Treat the line with "fn push(&mut self, piece: &[u8])" as the starting point. Write it out and every line after it through the end of the listing below, exactly.
______
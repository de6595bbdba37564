//! The phases in which a deck of tasks is judged.
ghost use Rattle.std.specs.Prelude.{◌≡◌, ◌<◌, All, length, slice_index, IfOk, IfErr, MatchOption, OnOk};
ghost use Rattle.pc_tasks.specs.network.Cycles.{HasNoTaskCycle};
ghost use Rattle.pc_cards.specs.declared.sort.Sort.TheVariants.{Tasks};
ghost use Rattle.pc_deck.specs.Deck.{task_codes};
ghost use Rattle.pc_deck.specs.Misfit.{HasNoMisfit};
ghost use Rattle.pc_faults.specs.Faults.{task_cycle};
ghost use Rattle.pc_faults.specs.declared.fault.Fault.{Fault as ADeckFault};
ghost use Rattle.pc_project.specs.Records.{codes_at};
ghost use Rattle.pc_faults.specs.inside.First.{Refuses};
ghost use Rattle.pc_tasks.specs.Lists.{afters_in};
ghost use Rattle.pc_tasks.specs.Refusal.{
  HasLoneTop,
  HasSoundItems,
  HasSoundTasks,
  IsCycleFault,
  IsTasksRefusedWith,
  task_records,
};

use crate::card_faults::look_up;
use crate::circle::first_circle;
use crate::tree::tree_of;
use pc_deck::TaskCards;
use pc_faults::{DeckError, Detail, Fault};
use pc_project::{AfterRow, codes_at};
use std::alloc::{AllocError, Global};

/// Returns which tasks come after which, by their numbers.
///
/// # Errors
/// The first fault of the tasks, or out of memory.
pub(crate) fn sound_rows(alloc: Global, cards: &TaskCards) -> Result<Vec<AfterRow>, DeckError>
    ensures rows { IfOk result (λ rows. rows.items ≡ afters_in cards.now) }
    ensures sound { OnOk result (HasSoundTasks cards.now) }
    ensures refused { IfErr result (Refuses (IsTasksRefusedWith cards.now)) }
{
    let afters = look_up(alloc, cards)?;
    check_items(alloc, cards)?;
    check_tasks(alloc, cards, &afters)?;
    Ok(afters)
}

/// Checks the tree of the items, and then that an item is below its top (F20 to F23, F37).
fn check_items(alloc: Global, cards: &TaskCards) -> Result<(), DeckError>
    requires { HasNoMisfit Tasks cards.now }
    ensures sound { OnOk result (HasSoundItems cards.now) }
    ensures refused { IfErr result (Refuses (IsTasksRefusedWith cards.now)) }
{
    tree_of(alloc, cards)?;
    match lone_top(cards) {
        Some(fault) => Err(DeckError::Fault(fault)),
        None => Ok(()),
    }
}

/// Checks that there is a task, and then that no tasks wait for each other in a circle (F39, F38).
fn check_tasks(alloc: Global, cards: &TaskCards, afters: &[AfterRow]) -> Result<(), DeckError>
    requires items { HasSoundItems cards.now }
    requires afters { afters.now ≡ afters_in cards.now }
    ensures sound { OnOk result (HasSoundTasks cards.now) }
    ensures refused { IfErr result (Refuses (IsTasksRefusedWith cards.now)) }
{
    if cards.tasks().is_empty() {
        return Err(DeckError::Fault(Fault::new(0, 39, Detail::Plain)));
    }
    match circle_fault(alloc, cards, afters)? {
        Some(fault) => Err(DeckError::Fault(fault)),
        None => Ok(()),
    }
}

/// Returns the fault of a top that is the only item (F37).
fn lone_top(cards: &TaskCards) -> Option<Fault>
    ensures { MatchOption result ((fault : ADeckFault) → HasLoneTop cards.now fault → ⊥) (HasLoneTop cards.now) }
{
    let items = cards.items();
    if items.len() == 1 {
        Some(Fault::new(items[0].row, 37, Detail::Plain))
    } else {
        None
    }
}

/// Returns the fault of the first tasks that wait for each other in a circle, if there are any (F38).
fn circle_fault(
    alloc: Global,
    cards: &TaskCards,
    afters: &[AfterRow],
) -> Result<Option<Fault>, AllocError>
    requires faultless { HasNoMisfit Tasks cards.now }
    requires some { 0 < length cards.now.tasks }
    requires afters { afters.now ≡ afters_in cards.now }
    ensures { IfOk result (λ found. MatchOption found
        (HasNoTaskCycle (afters_in cards.now))
        (IsCycleFault cards.now)) }
{
    let tasks = cards.tasks();
    match first_circle(alloc, tasks.len() as u32, afters)? {
        Some(circle) => Ok(Some(told(alloc, cards, &circle)?)),
        None => Ok(None),
    }
}

/// Returns the fault that reports a circle of tasks.
fn told(alloc: Global, cards: &TaskCards, circle: &[u32]) -> Result<Fault, AllocError>
    requires some { 0 < length circle.now }
    requires known { All (λ task. task < length cards.now.tasks) circle.now }
    ensures { IfOk result (λ fault. fault
        ≡ task_cycle (slice_index (task_records cards.now) (slice_index circle.now 0))
        (codes_at (task_codes cards.now) circle.now)) }
{
    let row = task_row(cards, circle[0]);
    let names = codes_at(alloc, cards.task_codes(), circle)?;
    Ok(Fault::new(row, 38, Detail::Names(names)))
}

fn task_row(cards: &TaskCards, task: u32) -> u32
    requires { task < length cards.now.tasks }
    ensures { result ≡ slice_index (task_records cards.now) task }
{
    let card = &cards.tasks()[task as usize];
    card.row
}
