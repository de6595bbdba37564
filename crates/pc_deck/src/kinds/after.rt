//! AFTER: a task that comes after another.
ghost use Rattle.pc_faults.specs.declared.kind.Kind.TheVariants as kinds;
ghost use Rattle.pc_deck.specs.After.{after_kind, after_card};
ghost use Rattle.pc_deck.specs.WrittenKinds.{written_of};

use pc_cards::card::{Card, Layout};
use pc_cards::field::{Misfit, read_code};
use pc_cards::form::{FieldForm, Slot};
use pc_cards::sort::Sort;
use pc_faults::Kind;
use pc_records::{Fields, Records};
use pc_text::Code;
use std::alloc::AllocError;

/// An AFTER card: the task begins only when the one before has ended.
#[derive(Clone, Copy)]
pub struct AfterCard {
    pub row: u32,
    pub task: Code,
    pub before: Code,
}

const SLOTS: [Slot; 2] = [(2, FieldForm::Code), (3, FieldForm::Code)];

impl Card for AfterCard {
    ghost slots = { after_kind.slots };

    ghost least = { 3 };

    ghost most = { 3 };

    ghost spelled = { after_card };

    ghost written = { (written_of kinds.After).written };

    fn layout(_: Sort) -> Layout {
        Layout {
            slots: &SLOTS,
            least: 3,
            most: 3,
        }
    }

    fn read<F: Fields>(_: Sort, row: u32, fields: &F) -> Result<AfterCard, Misfit> {
        Ok(AfterCard {
            row,
            task: read_code(fields, 2)?,
            before: read_code(fields, 3)?,
        })
    }

    fn put<R: Records>(self, kind: Kind, text: &mut R) -> Result<(), AllocError> {
        text.put(&[kind.word(), self.task.bytes(), self.before.bytes()])
    }
}
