//! The trait of sinks, and pushing a complete piece to one.
ghost use Rattle.std.specs.Prelude.{◌≡◌, ℕ, ◌<◌, ◌≤◌, List, Option, None, Ok, length, take, IfOk, OnOk, OnErr};
ghost use Rattle.std.specs.Io.KnownBytes.{Appends, Keeps};
ghost use Rattle.pc_edges.specs.Faults.{Rose};
ghost use Rattle.pc_edges.specs.inside.Writes.{Writes};

use crate::Failed;

/// A sink of bytes, which takes them a piece at a time.
pub trait Sink {
    // The bytes taken so far, if contracts can see them.
    ghost taken: { Self → Option (List ℕ) } = { λ _. None };

    // How many faults there were. A count at the end of its type counts as one that rose.
    ghost faults: { Self → ℕ };

    /// Takes the first bytes of `piece`, at least one if there is one, and returns how many it took.
    ///
    /// # Errors
    ///
    /// `Failed` if the sink had a fault. It took nothing then.
    fn push(&mut self, piece: &[u8]) -> Result<usize, Failed>
        ensures fits { IfOk result (λ n. n ≤ length piece.now) }
        ensures some { IfOk result (λ n. 0 < length piece.now → 0 < n) }
        ensures bytes { IfOk result (λ n. Appends (taken self.old) (taken self.new) (take n piece.now)) }
        ensures empty { length piece.now ≡ 0 → result ≡ Ok 0 }
        ensures no_fault { OnOk result (faults self.new ≡ faults self.old) }

        ensures failed { OnErr result (Rose (faults self.old) (faults self.new)) }
        ensures kept { OnErr result (Keeps (taken self.old) (taken self.new)) }
        ensures count { faults self.old ≤ faults self.new };

    /// Passes on what the sink may have buffered.
    ///
    /// # Errors
    ///
    /// `Failed` if the sink had a fault.
    fn flush(&mut self) -> Result<(), Failed>
        ensures bytes { Keeps (taken self.old) (taken self.new) }
        ensures no_fault { OnOk result (faults self.new ≡ faults self.old) }
        ensures failed { OnErr result (Rose (faults self.old) (faults self.new)) }
        ensures count { faults self.old ≤ faults self.new };
}

/// Pushes all of `piece`, however little the sink takes at a time.
///
/// # Errors
///
/// `Failed` if a push failed. The sink has taken the first bytes of `piece` then, or none.
pub fn push_all<O: Sink>(sink: &mut O, piece: &[u8]) -> Result<(), Failed>
    ensures { Writes result (O.taken sink.old) (O.taken sink.new) (O.faults sink.old) (O.faults sink.new) piece.now }
{
    let mut at = 0;
    while at < piece.len() {
        at += sink.push(&piece[at..])?;
    }
    Ok(())
}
______
### Solution for this exercise
    fn push(&mut self, piece: &[u8]) -> Result<usize, Failed>
        ensures fits { IfOk result (λ n. n ≤ length piece.now) }
        ensures some { IfOk result (λ n. 0 < length piece.now → 0 < n) }
        ensures bytes { IfOk result (λ n. Appends (taken self.old) (taken self.new) (take n piece.now)) }
        ensures empty { length piece.now ≡ 0 → result ≡ Ok 0 }
        ensures no_fault { OnOk result (faults self.new ≡ faults self.old) }

        ensures failed { OnErr result (Rose (faults self.old) (faults self.new)) }
        ensures kept { OnErr result (Keeps (taken self.old) (taken self.new)) }
        ensures count { faults self.old ≤ faults self.new };

    /// Passes on what the sink may have buffered.
    ///
    /// # Errors
    ///
    /// `Failed` if the sink had a fault.
    fn flush(&mut self) -> Result<(), Failed>
        ensures bytes { Keeps (taken self.old) (taken self.new) }
        ensures no_fault { OnOk result (faults self.new ≡ faults self.old) }
        ensures failed { OnErr result (Rose (faults self.old) (faults self.new)) }
        ensures count { faults self.old ≤ faults self.new };
}

/// Pushes all of `piece`, however little the sink takes at a time.
///
/// # Errors
///
/// `Failed` if a push failed. The sink has taken the first bytes of `piece` then, or none.
pub fn push_all<O: Sink>(sink: &mut O, piece: &[u8]) -> Result<(), Failed>
    ensures { Writes result (O.taken sink.old) (O.taken sink.new) (O.faults sink.old) (O.faults sink.new) piece.now }
{
    let mut at = 0;
    while at < piece.len() {
        at += sink.push(&piece[at..])?;
    }
    Ok(())
}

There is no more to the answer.